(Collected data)
┄┄┄┄┄┄

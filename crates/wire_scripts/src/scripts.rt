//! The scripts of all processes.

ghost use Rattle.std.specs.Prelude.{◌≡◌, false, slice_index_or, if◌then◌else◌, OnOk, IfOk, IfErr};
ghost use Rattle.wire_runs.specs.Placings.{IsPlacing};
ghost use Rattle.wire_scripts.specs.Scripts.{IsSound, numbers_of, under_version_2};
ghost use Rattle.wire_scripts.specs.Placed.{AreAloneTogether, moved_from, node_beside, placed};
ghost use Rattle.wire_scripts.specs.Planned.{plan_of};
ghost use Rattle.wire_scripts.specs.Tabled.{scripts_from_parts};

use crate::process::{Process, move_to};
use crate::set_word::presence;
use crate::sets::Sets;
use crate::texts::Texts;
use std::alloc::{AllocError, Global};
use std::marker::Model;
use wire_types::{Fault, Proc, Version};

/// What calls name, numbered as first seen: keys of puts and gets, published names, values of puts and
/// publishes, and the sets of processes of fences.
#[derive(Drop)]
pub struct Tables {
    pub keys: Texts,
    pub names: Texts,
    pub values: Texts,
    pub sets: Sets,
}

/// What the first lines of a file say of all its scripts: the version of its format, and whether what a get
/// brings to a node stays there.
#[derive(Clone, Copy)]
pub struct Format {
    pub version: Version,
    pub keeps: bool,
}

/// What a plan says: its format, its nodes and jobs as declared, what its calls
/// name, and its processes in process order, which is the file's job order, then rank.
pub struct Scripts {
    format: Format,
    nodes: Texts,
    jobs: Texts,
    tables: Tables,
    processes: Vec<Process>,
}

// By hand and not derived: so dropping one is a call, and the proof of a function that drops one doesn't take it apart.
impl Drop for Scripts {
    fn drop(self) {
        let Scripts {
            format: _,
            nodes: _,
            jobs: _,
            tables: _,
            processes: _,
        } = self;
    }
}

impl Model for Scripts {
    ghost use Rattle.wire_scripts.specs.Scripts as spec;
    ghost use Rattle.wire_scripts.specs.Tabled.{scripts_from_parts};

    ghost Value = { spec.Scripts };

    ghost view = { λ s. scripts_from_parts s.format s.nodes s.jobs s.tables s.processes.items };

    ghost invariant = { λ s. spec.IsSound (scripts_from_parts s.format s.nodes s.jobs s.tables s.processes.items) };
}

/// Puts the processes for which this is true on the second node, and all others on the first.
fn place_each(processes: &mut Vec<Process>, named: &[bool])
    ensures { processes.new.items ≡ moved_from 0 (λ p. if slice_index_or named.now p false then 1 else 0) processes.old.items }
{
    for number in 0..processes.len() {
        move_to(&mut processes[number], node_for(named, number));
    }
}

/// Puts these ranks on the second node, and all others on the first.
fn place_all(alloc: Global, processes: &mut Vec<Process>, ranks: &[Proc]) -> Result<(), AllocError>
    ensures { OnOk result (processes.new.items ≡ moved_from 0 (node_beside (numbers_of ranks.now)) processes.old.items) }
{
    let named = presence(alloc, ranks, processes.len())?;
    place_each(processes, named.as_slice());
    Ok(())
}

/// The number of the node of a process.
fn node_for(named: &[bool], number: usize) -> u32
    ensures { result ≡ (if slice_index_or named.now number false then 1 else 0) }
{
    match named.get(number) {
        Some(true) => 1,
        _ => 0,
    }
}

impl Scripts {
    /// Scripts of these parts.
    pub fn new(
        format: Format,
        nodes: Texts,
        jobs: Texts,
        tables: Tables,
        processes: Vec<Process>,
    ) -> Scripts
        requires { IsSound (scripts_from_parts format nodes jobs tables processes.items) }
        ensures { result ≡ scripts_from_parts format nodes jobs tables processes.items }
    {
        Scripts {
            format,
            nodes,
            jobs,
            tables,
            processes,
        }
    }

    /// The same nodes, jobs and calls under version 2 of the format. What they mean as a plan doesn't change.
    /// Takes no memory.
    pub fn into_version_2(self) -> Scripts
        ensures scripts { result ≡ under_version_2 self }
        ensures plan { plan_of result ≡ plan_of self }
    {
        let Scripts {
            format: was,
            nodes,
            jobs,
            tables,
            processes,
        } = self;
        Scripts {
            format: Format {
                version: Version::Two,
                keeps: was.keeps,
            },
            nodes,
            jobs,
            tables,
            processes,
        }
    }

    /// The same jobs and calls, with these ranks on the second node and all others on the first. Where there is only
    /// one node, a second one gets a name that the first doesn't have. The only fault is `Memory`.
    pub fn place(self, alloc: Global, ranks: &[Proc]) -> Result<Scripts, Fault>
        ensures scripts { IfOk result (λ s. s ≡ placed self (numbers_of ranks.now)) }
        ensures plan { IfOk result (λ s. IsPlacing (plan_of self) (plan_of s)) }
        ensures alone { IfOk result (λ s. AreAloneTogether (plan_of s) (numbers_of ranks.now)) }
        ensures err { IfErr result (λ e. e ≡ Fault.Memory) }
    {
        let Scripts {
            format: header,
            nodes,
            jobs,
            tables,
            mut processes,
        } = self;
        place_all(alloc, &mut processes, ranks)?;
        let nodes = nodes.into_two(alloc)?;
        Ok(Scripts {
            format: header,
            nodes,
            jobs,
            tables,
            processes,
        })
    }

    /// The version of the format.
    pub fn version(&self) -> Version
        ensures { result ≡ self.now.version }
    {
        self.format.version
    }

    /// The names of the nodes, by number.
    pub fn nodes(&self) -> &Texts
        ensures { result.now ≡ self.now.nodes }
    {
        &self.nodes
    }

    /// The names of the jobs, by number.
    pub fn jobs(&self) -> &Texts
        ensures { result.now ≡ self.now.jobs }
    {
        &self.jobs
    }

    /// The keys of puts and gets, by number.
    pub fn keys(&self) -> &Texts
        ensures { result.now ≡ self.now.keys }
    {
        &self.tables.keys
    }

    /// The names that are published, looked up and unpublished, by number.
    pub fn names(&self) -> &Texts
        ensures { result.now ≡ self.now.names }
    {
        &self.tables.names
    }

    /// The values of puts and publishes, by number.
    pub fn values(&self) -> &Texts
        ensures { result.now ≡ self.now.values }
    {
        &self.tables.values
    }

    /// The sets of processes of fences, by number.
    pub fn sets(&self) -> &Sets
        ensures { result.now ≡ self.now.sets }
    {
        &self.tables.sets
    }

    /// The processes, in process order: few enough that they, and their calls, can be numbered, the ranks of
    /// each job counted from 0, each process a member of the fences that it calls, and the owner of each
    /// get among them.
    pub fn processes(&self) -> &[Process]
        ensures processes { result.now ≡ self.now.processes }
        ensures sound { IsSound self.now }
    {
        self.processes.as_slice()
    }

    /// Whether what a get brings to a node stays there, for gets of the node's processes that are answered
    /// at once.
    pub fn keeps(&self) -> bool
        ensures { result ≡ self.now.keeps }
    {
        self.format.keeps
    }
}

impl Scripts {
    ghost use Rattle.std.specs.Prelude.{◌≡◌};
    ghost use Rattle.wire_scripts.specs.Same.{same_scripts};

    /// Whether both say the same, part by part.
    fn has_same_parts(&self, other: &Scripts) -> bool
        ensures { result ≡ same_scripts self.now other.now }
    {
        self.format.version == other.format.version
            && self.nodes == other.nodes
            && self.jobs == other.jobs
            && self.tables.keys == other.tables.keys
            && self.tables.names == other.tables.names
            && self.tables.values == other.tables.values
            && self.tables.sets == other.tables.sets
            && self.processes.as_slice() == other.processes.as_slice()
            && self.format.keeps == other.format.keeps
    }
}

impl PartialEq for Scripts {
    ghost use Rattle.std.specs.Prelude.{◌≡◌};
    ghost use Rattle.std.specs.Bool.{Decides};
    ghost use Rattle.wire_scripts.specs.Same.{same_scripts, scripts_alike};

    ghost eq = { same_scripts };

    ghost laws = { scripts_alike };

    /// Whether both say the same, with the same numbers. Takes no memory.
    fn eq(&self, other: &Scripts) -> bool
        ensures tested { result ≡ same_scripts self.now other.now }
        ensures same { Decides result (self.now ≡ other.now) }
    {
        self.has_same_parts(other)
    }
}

┄┄┄┄┄┄

BRIEF → Extract exactly and only the lines above from the line containing "jobs, by number." through the line containing "pub fn names(&self) -> &Texts", both end lines included.

TASK ANSWER →
    /// The names of the jobs, by number.
    pub fn jobs(&self) -> &Texts
        ensures { result.now ≡ self.now.jobs }
    {
        &self.jobs
    }

    /// The keys of puts and gets, by number.
    pub fn keys(&self) -> &Texts
        ensures { result.now ≡ self.now.keys }
    {
        &self.tables.keys
    }

    /// The names that are published, looked up and unpublished, by number.
    pub fn names(&self) -> &Texts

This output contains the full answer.